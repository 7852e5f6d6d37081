//! The questions of the jobs of `docketctl` to the docket in files, each from the open to the last byte that
//! it writes. A job asks by one call, `ask_on_file`. Its contract says what is written, by what the files
//! held, and that they hold it still.
#![tactic(auto)]

mod calendar;
mod checking;
mod entering;
mod inquiry;
mod listing;
mod texts;

pub use calendar::CalendarLines;
pub use checking::{Judgment, Sound};
pub use inquiry::{Inquiry, ask_on_file};
pub use listing::Wanted;
pub use texts::TextOf;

_ _ _

* [ACTION ITEM]
Copy every line where the word "that" is present in the entries above.

* [ANSWER SECTION]
//! The questions of the jobs of `docketctl` to the docket in files, each from the open to the last byte that
//! held, and that they hold it still.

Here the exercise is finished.